=== Exercise details ===
For the entries below, print exactly the lines between the line holding "filename crates/device_sockets/src/guest_sockets.rt" and the line holding "use enip_adapter::Adapter;", inclusive, and nothing else.

Stored items:
Start of Block

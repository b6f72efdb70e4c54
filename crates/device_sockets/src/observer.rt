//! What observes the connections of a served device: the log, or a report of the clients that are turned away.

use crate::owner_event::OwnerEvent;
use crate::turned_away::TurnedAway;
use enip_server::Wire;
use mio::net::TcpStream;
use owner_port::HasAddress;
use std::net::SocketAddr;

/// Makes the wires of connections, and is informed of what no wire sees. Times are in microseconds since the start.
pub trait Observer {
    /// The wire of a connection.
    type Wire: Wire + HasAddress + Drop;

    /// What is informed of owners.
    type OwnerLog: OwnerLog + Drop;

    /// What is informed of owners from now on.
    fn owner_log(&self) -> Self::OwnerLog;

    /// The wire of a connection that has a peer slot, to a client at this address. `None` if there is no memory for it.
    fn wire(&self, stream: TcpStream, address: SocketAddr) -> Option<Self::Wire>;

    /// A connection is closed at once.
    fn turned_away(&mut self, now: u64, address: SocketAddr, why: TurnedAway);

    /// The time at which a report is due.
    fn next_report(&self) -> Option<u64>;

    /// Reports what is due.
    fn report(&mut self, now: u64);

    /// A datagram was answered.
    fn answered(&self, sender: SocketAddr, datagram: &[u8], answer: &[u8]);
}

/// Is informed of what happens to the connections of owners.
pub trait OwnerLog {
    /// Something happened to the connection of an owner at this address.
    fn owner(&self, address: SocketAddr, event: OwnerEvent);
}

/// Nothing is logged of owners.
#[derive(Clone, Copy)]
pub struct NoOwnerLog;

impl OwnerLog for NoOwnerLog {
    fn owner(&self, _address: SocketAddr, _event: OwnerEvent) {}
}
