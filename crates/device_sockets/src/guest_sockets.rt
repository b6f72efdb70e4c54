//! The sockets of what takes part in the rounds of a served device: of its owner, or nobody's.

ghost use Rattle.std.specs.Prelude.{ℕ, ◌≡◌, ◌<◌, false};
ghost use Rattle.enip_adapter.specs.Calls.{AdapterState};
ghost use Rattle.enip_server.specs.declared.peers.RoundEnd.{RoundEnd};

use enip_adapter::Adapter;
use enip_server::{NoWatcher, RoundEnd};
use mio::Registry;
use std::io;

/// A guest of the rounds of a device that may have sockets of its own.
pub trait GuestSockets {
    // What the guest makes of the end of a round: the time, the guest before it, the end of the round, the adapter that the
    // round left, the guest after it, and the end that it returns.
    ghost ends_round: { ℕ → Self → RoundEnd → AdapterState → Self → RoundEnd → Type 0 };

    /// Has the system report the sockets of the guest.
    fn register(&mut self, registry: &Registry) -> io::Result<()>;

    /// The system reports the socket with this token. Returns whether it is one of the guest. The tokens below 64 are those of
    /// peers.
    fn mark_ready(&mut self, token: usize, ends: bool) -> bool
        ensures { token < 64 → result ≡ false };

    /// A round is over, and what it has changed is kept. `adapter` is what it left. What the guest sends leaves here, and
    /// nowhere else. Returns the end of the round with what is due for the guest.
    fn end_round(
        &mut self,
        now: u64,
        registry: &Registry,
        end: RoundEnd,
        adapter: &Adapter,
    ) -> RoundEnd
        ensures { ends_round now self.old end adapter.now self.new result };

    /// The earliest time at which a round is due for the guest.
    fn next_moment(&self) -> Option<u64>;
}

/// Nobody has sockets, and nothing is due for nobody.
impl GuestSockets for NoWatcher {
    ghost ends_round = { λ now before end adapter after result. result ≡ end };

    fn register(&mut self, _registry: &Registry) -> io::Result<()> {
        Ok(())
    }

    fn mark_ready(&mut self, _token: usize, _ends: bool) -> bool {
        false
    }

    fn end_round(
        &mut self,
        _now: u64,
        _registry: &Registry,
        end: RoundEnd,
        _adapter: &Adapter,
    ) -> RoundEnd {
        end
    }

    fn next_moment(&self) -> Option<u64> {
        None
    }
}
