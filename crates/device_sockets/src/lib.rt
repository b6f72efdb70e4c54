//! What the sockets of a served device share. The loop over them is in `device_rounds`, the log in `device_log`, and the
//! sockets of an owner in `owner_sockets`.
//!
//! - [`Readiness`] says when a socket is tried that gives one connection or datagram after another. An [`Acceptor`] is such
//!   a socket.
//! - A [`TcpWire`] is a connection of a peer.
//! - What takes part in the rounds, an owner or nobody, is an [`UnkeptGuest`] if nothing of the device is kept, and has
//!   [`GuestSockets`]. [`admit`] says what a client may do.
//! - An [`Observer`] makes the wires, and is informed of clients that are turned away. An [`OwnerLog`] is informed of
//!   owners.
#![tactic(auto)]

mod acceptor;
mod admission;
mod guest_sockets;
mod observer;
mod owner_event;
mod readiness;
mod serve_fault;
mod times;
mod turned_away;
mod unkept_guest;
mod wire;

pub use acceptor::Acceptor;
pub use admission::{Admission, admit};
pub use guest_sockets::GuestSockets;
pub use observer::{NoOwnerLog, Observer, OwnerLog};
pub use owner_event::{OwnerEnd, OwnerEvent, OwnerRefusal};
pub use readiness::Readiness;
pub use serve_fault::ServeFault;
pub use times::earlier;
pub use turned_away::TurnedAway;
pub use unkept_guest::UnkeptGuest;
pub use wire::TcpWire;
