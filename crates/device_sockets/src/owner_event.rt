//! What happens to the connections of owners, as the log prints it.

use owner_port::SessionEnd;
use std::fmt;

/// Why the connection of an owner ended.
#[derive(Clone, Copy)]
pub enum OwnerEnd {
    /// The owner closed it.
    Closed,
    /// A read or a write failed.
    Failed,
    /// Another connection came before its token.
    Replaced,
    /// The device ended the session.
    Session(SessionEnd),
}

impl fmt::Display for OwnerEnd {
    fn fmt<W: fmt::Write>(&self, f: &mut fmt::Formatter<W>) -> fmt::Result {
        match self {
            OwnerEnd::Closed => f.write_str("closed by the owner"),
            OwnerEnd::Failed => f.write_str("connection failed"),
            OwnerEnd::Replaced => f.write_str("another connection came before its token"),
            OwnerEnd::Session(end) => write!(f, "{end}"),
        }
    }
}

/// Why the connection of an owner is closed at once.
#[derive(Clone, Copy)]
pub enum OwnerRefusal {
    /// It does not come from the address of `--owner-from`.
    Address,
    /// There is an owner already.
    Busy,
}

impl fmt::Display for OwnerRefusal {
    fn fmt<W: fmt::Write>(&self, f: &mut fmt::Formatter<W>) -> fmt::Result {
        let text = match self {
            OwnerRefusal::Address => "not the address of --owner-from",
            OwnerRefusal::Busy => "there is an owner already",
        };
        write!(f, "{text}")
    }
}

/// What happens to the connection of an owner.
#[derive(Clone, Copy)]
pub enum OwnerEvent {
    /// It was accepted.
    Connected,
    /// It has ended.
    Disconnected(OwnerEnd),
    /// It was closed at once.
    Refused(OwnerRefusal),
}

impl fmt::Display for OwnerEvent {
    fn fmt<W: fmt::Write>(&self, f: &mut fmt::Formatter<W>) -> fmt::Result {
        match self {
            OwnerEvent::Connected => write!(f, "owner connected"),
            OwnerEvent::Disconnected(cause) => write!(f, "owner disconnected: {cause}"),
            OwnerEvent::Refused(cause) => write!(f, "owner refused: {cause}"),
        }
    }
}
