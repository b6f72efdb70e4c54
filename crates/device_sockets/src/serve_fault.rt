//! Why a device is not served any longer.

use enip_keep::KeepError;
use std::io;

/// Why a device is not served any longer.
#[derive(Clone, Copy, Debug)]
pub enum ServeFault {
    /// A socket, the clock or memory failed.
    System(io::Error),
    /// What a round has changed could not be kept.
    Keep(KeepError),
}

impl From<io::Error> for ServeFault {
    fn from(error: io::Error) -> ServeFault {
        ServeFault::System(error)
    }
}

End of Block

=== Reply to the task ===
filename crates/device_sockets/src/guest_sockets.rt
repository b6f72efdb70e4c54
//! The sockets of what takes part in the rounds of a served device: of its owner, or nobody's.

ghost use Rattle.std.specs.Prelude.{ℕ, ◌≡◌, ◌<◌, false};
ghost use Rattle.enip_adapter.specs.Calls.{AdapterState};
ghost use Rattle.enip_server.specs.declared.peers.RoundEnd.{RoundEnd};

use enip_adapter::Adapter;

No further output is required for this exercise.